INFORMATION PROVIDED:
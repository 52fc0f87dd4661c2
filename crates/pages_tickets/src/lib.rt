//! Prices of tickets.
#![tactic(auto)]

/// The price of some tickets.
pub fn price(tickets: u8) -> u32 {
    u32::from(tickets) * 9
}

#[cfg(test)]
mod tests {
    use super::price;
    use predicates::prelude::*;
    use std::test::Fail;

    #[test]
    fn one_ticket(rt: HostRuntime) -> Result<(), Fail> {
        let cheap = predicate::ge(5).and(predicate::le(10));
        require(rt.alloc(), &cheap, &price(1))?;
        Ok(())
    }

    #[test]
    fn each_price(rt: HostRuntime) -> Result<(), Fail> {
        let alloc = rt.alloc();
        let mut expected = Vec::new(alloc);
        expected.push(expect(alloc, "one ticket", price(1), predicate::le(9))?)?;
        expected.push(expect(alloc, "two tickets", price(2), predicate::le(18))?)?;
        expected.push(expect(alloc, "three tickets", price(3), predicate::le(27))?)?;
        require_all(alloc, expected.as_slice())?;
        Ok(())
    }
}
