// PK fonts: which files are lawful ones, where the packet of each character stands, and the width table that they make.
#![tactic(auto)]

pub mod commands_in_font;
pub mod judging;
pub mod packets;
pub mod tables;

// A form of packets: what the flag adds to the packet length, how many bytes have the length, the code, the width and the escapement, and how many bytes there
// are from the width to the last offset
#[derive(Clone, Copy)]
pub struct Form {
    pub added: usize,
    pub length: usize,
    pub code: usize,
    pub width: usize,
    pub escapement: usize,
    pub fields: usize,
}

// What a packet says of its character; the width is a fix word as one number
#[derive(Clone, Copy)]
pub struct Packet {
    pub code: u32,
    pub width: u32,
    pub escapement: i32,
}

// What is found of a command that earns no refusal: the place behind it, and a packet's code
#[derive(Clone, Copy)]
pub struct Found {
    pub next: usize,
    pub code: Option<u8>,
}

// For each code the place of its packet, and how many packets there are. A code without one has 0, not None: rule 11.10 has it so.
#[derive(Clone, Copy)]
pub struct Note {
    pub places: [usize; 256],
    pub packets: usize,
}
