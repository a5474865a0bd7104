// Decimal numbers in words. The library's own reading takes a plus sign too, which rule 10.2 does not: so these read digit by digit.
ghost use Rattle.std.specs.Prelude.{◌≡◌, cond};
ghost use Rattle.std.specs.declared.option.Option.TheVariants.{Some, None};
ghost use Rattle.asking.specs.Decimal.{decimal_of, may_follow, appended, AtMost, unsigned32_of, byte_of, signed32_of};

// One digit or more and nothing else, up to a greatest number.
pub fn read_unsigned(word: &[u8], most: u64) -> Option<u64>
    ensures value { result ≡ decimal_of most word.now }
    ensures at_most { AtMost most result }
{
    if word.is_empty() {
        return None;
    }
    let mut value: u64 = 0;
    for byte in word {
        value = with_digit(most, value, *byte)?;
    }
    Some(value)
}

// The number with a digit more; none where the byte is no digit, or makes a number above the greatest.
fn with_digit(most: u64, value: u64, byte: u8) -> Option<u64>
    ensures value { result ≡ cond (may_follow most value byte) (Some (appended value byte)) None }
    ensures at_most { AtMost most result }
{
    let b'0'..=b'9' = byte else {
        return None;
    };
    let more = value.checked_mul(10)?.checked_add(u64::from(byte - b'0'))?;
    if more <= most { Some(more) } else { None }
}

// This and `read_byte` differ in a type and a bound alone: one generic function would have to be handed both.
pub fn read_unsigned32(word: &[u8]) -> Option<u32>
    ensures { result ≡ unsigned32_of word.now }
{
    Some(read_unsigned(word, 4294967295)? as u32)
}

pub fn read_byte(word: &[u8]) -> Option<u8>
    ensures { result ≡ byte_of word.now }
{
    Some(read_unsigned(word, 255)? as u8)
}

// A minus may stand before the digits.
pub fn read_signed32(word: &[u8]) -> Option<i32>
    ensures { result ≡ signed32_of word.now }
{
    match word {
        [b'-', digits @ ..] => Some(-(read_unsigned(digits, 2147483648)? as i64) as i32),
        _ => Some(read_unsigned(word, 2147483647)? as i32),
    }
}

WHAT YOU NEED TO DO:
Put down all the data once more, exactly as it appears above.

TASK SOLUTION:
repository 52fc0f87dd4661c2
filename crates/pages_tickets/src/lib.rt
//! Prices of tickets.
#![tactic(auto)]

/// The price of some tickets.
pub fn price(tickets: u8) -> u32 {
    u32::from(tickets) * 9
}

#[cfg(test)]
mod tests {
    use super::price;
    use predicates::prelude::*;
    use std::test::Fail;

    #[test]
    fn one_ticket(rt: HostRuntime) -> Result<(), Fail> {
        let cheap = predicate::ge(5).and(predicate::le(10));
        require(rt.alloc(), &cheap, &price(1))?;
        Ok(())
    }

    #[test]
    fn each_price(rt: HostRuntime) -> Result<(), Fail> {
        let alloc = rt.alloc();
        let mut expected = Vec::new(alloc);
        expected.push(expect(alloc, "one ticket", price(1), predicate::le(9))?)?;
        expected.push(expect(alloc, "two tickets", price(2), predicate::le(18))?)?;
        expected.push(expect(alloc, "three tickets", price(3), predicate::le(27))?)?;
        require_all(alloc, expected.as_slice())?;
        Ok(())
    }
}
// PK fonts: which files are lawful ones, where the packet of each character stands, and the width table that they make.
#![tactic(auto)]

pub mod commands_in_font;
pub mod judging;
pub mod packets;
pub mod tables;

// A form of packets: what the flag adds to the packet length, how many bytes have the length, the code, the width and the escapement, and how many bytes there
// are from the width to the last offset
#[derive(Clone, Copy)]
pub struct Form {
    pub added: usize,
    pub length: usize,
    pub code: usize,
    pub width: usize,
    pub escapement: usize,
    pub fields: usize,
}

// What a packet says of its character; the width is a fix word as one number
#[derive(Clone, Copy)]
pub struct Packet {
    pub code: u32,
    pub width: u32,
    pub escapement: i32,
}

// What is found of a command that earns no refusal: the place behind it, and a packet's code
#[derive(Clone, Copy)]
pub struct Found {
    pub next: usize,
    pub code: Option<u8>,
}

// For each code the place of its packet, and how many packets there are. A code without one has 0, not None: rule 11.10 has it so.
#[derive(Clone, Copy)]
pub struct Note {
    pub places: [usize; 256],
    pub packets: usize,
}
repository a5474865a0bd7104
// Decimal numbers in words. The library's own reading takes a plus sign too, which rule 10.2 does not: so these read digit by digit.
ghost use Rattle.std.specs.Prelude.{◌≡◌, cond};
ghost use Rattle.std.specs.declared.option.Option.TheVariants.{Some, None};
ghost use Rattle.asking.specs.Decimal.{decimal_of, may_follow, appended, AtMost, unsigned32_of, byte_of, signed32_of};

// One digit or more and nothing else, up to a greatest number.
pub fn read_unsigned(word: &[u8], most: u64) -> Option<u64>
    ensures value { result ≡ decimal_of most word.now }
    ensures at_most { AtMost most result }
{
    if word.is_empty() {
        return None;
    }
    let mut value: u64 = 0;
    for byte in word {
        value = with_digit(most, value, *byte)?;
    }
    Some(value)
}

// The number with a digit more; none where the byte is no digit, or makes a number above the greatest.
fn with_digit(most: u64, value: u64, byte: u8) -> Option<u64>
    ensures value { result ≡ cond (may_follow most value byte) (Some (appended value byte)) None }
    ensures at_most { AtMost most result }
{
    let b'0'..=b'9' = byte else {
        return None;
    };
    let more = value.checked_mul(10)?.checked_add(u64::from(byte - b'0'))?;
    if more <= most { Some(more) } else { None }
}

// This and `read_byte` differ in a type and a bound alone: one generic function would have to be handed both.
pub fn read_unsigned32(word: &[u8]) -> Option<u32>
    ensures { result ≡ unsigned32_of word.now }
{
    Some(read_unsigned(word, 4294967295)? as u32)
}

pub fn read_byte(word: &[u8]) -> Option<u8>
    ensures { result ≡ byte_of word.now }
{
    Some(read_unsigned(word, 255)? as u8)
}

// A minus may stand before the digits.
pub fn read_signed32(word: &[u8]) -> Option<i32>
    ensures { result ≡ signed32_of word.now }
{
    match word {
        [b'-', digits @ ..] => Some(-(read_unsigned(digits, 2147483648)? as i64) as i32),
        _ => Some(read_unsigned(word, 2147483647)? as i32),
    }
}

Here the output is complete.